**TRY IT:**
Using the records that appear below, write out exactly the lines from the one with "for (node, heap)" through the one with "fn print_end<K: Sink>(sink: &mut", keeping both end lines.

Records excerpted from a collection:
Start of Block

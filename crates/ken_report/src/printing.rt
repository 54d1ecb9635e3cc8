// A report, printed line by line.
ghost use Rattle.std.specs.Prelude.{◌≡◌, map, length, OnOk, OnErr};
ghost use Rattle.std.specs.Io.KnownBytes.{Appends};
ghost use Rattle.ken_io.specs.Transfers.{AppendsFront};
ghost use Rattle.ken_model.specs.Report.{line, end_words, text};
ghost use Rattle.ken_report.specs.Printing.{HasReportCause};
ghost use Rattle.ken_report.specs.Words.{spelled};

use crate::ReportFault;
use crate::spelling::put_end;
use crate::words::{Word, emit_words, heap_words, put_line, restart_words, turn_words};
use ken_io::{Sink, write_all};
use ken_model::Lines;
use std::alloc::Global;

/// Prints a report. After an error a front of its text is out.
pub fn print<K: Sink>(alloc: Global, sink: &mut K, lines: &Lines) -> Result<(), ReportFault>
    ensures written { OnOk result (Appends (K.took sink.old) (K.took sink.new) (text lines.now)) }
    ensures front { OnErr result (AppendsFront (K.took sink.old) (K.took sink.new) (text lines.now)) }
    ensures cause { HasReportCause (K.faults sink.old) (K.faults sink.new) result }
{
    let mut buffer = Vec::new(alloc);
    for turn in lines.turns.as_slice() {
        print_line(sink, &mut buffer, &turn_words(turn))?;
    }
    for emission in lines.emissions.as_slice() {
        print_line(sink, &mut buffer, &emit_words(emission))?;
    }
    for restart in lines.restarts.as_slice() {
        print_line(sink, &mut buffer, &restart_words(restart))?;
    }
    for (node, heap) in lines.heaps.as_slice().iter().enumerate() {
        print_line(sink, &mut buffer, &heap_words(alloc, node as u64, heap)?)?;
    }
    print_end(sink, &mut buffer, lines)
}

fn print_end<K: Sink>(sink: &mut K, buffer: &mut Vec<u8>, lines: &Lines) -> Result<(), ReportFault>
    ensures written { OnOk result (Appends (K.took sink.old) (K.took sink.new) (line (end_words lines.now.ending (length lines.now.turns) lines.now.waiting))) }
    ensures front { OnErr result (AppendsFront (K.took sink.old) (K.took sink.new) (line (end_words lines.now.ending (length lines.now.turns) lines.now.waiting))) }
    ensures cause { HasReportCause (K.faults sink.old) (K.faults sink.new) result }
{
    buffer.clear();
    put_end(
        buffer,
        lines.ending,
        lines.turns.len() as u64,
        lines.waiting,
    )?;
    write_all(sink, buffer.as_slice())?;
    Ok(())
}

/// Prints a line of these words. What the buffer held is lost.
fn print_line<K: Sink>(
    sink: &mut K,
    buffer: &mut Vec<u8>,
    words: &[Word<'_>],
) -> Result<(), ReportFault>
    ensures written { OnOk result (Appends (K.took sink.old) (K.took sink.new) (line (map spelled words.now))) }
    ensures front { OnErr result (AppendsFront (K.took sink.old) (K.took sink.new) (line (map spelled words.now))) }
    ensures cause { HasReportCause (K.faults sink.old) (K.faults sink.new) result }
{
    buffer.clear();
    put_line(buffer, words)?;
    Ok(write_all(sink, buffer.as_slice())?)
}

End of Block
Start of Block

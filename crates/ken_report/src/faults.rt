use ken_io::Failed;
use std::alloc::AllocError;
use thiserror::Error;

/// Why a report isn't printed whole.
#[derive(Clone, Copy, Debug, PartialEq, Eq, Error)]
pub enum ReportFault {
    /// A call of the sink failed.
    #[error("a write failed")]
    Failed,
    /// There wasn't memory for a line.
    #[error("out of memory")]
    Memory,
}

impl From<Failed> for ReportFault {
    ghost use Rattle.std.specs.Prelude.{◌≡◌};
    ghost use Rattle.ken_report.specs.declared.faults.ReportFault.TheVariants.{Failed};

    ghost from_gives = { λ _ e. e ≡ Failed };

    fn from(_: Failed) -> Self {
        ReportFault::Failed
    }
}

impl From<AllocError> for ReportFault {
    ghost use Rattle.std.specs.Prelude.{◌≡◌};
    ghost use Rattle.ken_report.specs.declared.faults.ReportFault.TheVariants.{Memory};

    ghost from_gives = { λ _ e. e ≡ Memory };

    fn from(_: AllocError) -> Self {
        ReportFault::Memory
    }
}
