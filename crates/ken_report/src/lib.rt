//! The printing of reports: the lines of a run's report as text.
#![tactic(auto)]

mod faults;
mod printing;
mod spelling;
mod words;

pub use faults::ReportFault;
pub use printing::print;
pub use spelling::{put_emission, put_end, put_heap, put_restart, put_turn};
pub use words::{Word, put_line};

End of Block
Start of Block

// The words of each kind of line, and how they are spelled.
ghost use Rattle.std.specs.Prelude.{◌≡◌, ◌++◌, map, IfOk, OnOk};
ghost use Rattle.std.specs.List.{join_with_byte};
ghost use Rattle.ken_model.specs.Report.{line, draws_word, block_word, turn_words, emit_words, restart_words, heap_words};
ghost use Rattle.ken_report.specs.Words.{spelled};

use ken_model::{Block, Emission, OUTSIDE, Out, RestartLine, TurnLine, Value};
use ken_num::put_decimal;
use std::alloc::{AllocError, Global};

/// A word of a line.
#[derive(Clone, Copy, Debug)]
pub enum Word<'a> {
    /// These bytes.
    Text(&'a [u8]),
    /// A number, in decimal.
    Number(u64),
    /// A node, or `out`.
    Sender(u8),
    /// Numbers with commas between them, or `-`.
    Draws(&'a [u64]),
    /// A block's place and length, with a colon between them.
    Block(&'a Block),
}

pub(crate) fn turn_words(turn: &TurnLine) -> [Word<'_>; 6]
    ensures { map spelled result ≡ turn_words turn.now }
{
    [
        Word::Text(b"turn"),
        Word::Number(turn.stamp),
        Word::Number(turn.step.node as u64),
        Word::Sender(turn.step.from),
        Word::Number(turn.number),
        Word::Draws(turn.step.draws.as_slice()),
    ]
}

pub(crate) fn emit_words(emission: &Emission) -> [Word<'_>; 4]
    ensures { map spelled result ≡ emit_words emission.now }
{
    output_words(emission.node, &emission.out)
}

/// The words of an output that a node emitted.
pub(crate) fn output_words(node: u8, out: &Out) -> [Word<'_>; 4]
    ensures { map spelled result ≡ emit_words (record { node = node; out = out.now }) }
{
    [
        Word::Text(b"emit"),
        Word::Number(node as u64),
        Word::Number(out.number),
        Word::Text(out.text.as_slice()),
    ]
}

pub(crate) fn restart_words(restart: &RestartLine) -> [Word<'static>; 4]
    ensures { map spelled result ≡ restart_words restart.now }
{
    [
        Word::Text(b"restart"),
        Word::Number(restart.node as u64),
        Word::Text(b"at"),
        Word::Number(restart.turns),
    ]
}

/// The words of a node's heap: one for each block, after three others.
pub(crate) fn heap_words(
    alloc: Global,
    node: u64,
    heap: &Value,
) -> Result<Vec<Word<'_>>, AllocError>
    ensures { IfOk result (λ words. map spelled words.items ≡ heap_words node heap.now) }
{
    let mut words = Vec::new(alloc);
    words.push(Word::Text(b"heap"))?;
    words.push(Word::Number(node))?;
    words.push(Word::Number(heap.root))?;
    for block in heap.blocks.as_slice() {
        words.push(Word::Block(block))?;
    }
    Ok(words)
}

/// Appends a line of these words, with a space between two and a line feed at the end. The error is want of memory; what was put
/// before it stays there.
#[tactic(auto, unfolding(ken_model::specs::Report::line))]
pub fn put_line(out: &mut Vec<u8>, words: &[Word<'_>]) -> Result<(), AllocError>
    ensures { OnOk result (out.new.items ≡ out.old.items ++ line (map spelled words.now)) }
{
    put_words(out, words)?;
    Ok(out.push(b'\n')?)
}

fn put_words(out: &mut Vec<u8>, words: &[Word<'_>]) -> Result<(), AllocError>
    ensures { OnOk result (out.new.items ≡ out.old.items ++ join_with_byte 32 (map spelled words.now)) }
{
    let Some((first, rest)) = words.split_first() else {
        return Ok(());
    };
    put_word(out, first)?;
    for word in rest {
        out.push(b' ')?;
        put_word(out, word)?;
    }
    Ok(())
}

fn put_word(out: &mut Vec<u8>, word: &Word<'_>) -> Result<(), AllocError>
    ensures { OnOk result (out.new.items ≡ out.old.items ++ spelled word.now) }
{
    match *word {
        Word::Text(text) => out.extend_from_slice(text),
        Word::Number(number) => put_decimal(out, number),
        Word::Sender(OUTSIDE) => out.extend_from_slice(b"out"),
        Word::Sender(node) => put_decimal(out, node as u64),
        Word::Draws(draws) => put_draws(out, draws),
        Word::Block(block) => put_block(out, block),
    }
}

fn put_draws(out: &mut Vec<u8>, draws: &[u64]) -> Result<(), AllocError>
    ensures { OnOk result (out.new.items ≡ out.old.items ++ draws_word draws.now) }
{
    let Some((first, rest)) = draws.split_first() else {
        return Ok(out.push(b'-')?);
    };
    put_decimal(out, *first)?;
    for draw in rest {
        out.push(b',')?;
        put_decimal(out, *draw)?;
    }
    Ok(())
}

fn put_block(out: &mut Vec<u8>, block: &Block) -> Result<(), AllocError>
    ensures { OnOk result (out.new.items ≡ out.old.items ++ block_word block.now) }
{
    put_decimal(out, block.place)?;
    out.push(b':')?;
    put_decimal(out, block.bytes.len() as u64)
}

End of Block

**EXERCISE ANSWER:**
    for (node, heap) in lines.heaps.as_slice().iter().enumerate() {
        print_line(sink, &mut buffer, &heap_words(alloc, node as u64, heap)?)?;
    }
    print_end(sink, &mut buffer, lines)
}

fn print_end<K: Sink>(sink: &mut K, buffer: &mut Vec<u8>, lines: &Lines) -> Result<(), ReportFault>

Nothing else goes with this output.